# Problem to work on:
When you reach the line that contains "pub ctype: &'s" in the data below, start reproducing lines exactly, and stop after the line that contains "fn member_type(alloc: Global, struct_type: &CType, t: &CType)".

(Beginning of Input material)

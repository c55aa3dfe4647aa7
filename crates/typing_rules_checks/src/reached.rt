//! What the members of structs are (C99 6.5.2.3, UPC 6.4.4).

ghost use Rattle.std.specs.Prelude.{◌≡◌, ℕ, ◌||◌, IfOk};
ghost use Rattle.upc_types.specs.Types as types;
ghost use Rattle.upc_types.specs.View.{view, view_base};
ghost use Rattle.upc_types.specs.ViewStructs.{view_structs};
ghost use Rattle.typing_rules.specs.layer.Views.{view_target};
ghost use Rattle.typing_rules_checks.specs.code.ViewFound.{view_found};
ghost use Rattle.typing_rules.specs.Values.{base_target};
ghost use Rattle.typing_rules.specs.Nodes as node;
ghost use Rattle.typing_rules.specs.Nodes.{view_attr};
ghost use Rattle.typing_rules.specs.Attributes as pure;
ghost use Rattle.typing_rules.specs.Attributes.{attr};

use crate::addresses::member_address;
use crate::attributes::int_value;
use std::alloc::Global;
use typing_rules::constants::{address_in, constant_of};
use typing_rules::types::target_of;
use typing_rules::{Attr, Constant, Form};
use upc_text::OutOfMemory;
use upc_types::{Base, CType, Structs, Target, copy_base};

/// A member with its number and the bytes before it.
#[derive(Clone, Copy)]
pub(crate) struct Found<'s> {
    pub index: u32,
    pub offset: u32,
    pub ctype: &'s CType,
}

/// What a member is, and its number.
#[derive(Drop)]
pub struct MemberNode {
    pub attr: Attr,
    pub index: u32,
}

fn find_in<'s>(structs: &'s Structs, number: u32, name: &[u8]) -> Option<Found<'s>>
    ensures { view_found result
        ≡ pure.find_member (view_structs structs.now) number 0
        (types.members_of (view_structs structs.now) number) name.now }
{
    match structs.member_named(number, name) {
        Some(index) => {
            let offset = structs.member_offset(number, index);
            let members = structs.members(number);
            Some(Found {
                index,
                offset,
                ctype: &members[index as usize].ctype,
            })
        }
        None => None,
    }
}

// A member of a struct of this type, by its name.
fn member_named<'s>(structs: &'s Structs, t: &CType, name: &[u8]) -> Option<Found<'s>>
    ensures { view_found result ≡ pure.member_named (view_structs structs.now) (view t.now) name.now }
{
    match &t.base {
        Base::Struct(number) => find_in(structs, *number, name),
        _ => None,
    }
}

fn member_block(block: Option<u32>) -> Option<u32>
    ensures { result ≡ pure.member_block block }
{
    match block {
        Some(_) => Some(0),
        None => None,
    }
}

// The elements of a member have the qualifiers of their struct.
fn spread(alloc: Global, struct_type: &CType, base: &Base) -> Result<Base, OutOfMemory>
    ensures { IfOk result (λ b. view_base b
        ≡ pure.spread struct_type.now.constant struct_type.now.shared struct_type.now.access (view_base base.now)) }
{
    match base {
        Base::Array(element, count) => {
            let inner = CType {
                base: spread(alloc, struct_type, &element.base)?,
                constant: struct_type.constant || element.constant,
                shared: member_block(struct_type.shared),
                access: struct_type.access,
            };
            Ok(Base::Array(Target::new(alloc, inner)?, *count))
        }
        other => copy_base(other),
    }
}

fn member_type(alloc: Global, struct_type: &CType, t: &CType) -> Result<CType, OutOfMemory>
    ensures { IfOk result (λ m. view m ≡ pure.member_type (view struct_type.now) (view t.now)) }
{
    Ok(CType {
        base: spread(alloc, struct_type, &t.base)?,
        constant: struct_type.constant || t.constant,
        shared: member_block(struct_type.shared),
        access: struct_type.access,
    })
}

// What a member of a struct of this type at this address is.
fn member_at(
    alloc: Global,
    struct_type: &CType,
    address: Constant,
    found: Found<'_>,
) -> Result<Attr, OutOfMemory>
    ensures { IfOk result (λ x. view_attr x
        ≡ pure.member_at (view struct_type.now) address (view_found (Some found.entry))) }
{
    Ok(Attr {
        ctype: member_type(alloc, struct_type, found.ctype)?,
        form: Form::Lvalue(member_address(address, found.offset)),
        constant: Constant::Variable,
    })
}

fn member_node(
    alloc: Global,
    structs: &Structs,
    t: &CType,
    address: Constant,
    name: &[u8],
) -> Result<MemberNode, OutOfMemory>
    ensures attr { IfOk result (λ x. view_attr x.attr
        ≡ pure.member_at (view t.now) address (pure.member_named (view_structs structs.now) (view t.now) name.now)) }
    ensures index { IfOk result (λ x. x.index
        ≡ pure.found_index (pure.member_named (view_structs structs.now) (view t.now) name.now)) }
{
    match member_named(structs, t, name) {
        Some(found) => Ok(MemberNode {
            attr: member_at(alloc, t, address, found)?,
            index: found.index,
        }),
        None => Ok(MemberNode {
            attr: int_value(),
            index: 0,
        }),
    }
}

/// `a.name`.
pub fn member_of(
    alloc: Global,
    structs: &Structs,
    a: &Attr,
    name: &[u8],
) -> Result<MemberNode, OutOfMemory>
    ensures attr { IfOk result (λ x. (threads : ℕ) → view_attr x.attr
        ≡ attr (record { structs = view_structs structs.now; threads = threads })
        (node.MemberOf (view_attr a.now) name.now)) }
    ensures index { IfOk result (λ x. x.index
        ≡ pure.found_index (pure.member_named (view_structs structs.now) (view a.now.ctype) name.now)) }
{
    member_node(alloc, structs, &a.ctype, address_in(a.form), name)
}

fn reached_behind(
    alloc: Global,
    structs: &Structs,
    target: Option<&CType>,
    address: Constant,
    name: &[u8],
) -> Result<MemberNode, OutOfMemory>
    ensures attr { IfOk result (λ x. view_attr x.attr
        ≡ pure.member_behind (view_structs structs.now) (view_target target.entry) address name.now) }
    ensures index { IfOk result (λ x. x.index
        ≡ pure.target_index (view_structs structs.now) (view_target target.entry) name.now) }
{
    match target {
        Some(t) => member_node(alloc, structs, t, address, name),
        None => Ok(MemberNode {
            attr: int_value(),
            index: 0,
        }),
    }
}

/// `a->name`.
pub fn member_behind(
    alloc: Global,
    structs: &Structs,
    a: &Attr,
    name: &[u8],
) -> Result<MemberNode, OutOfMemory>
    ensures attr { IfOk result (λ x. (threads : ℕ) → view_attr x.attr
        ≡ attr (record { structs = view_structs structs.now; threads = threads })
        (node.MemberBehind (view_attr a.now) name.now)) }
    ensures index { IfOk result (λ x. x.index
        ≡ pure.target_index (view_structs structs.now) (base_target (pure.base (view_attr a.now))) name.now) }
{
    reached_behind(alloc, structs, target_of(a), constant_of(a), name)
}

(End of Input material)

# Exercise response:
    pub ctype: &'s CType,
}

/// What a member is, and its number.
#[derive(Drop)]
pub struct MemberNode {
    pub attr: Attr,
    pub index: u32,
}

fn find_in<'s>(structs: &'s Structs, number: u32, name: &[u8]) -> Option<Found<'s>>
    ensures { view_found result
        ≡ pure.find_member (view_structs structs.now) number 0
        (types.members_of (view_structs structs.now) number) name.now }
{
    match structs.member_named(number, name) {
        Some(index) => {
            let offset = structs.member_offset(number, index);
            let members = structs.members(number);
            Some(Found {
                index,
                offset,
                ctype: &members[index as usize].ctype,
            })
        }
        None => None,
    }
}

// A member of a struct of this type, by its name.
fn member_named<'s>(structs: &'s Structs, t: &CType, name: &[u8]) -> Option<Found<'s>>
    ensures { view_found result ≡ pure.member_named (view_structs structs.now) (view t.now) name.now }
{
    match &t.base {
        Base::Struct(number) => find_in(structs, *number, name),
        _ => None,
    }
}

fn member_block(block: Option<u32>) -> Option<u32>
    ensures { result ≡ pure.member_block block }
{
    match block {
        Some(_) => Some(0),
        None => None,
    }
}

// The elements of a member have the qualifiers of their struct.
fn spread(alloc: Global, struct_type: &CType, base: &Base) -> Result<Base, OutOfMemory>
    ensures { IfOk result (λ b. view_base b
        ≡ pure.spread struct_type.now.constant struct_type.now.shared struct_type.now.access (view_base base.now)) }
{
    match base {
        Base::Array(element, count) => {
            let inner = CType {
                base: spread(alloc, struct_type, &element.base)?,
                constant: struct_type.constant || element.constant,
                shared: member_block(struct_type.shared),
                access: struct_type.access,
            };
            Ok(Base::Array(Target::new(alloc, inner)?, *count))
        }
        other => copy_base(other),
    }
}

fn member_type(alloc: Global, struct_type: &CType, t: &CType) -> Result<CType, OutOfMemory>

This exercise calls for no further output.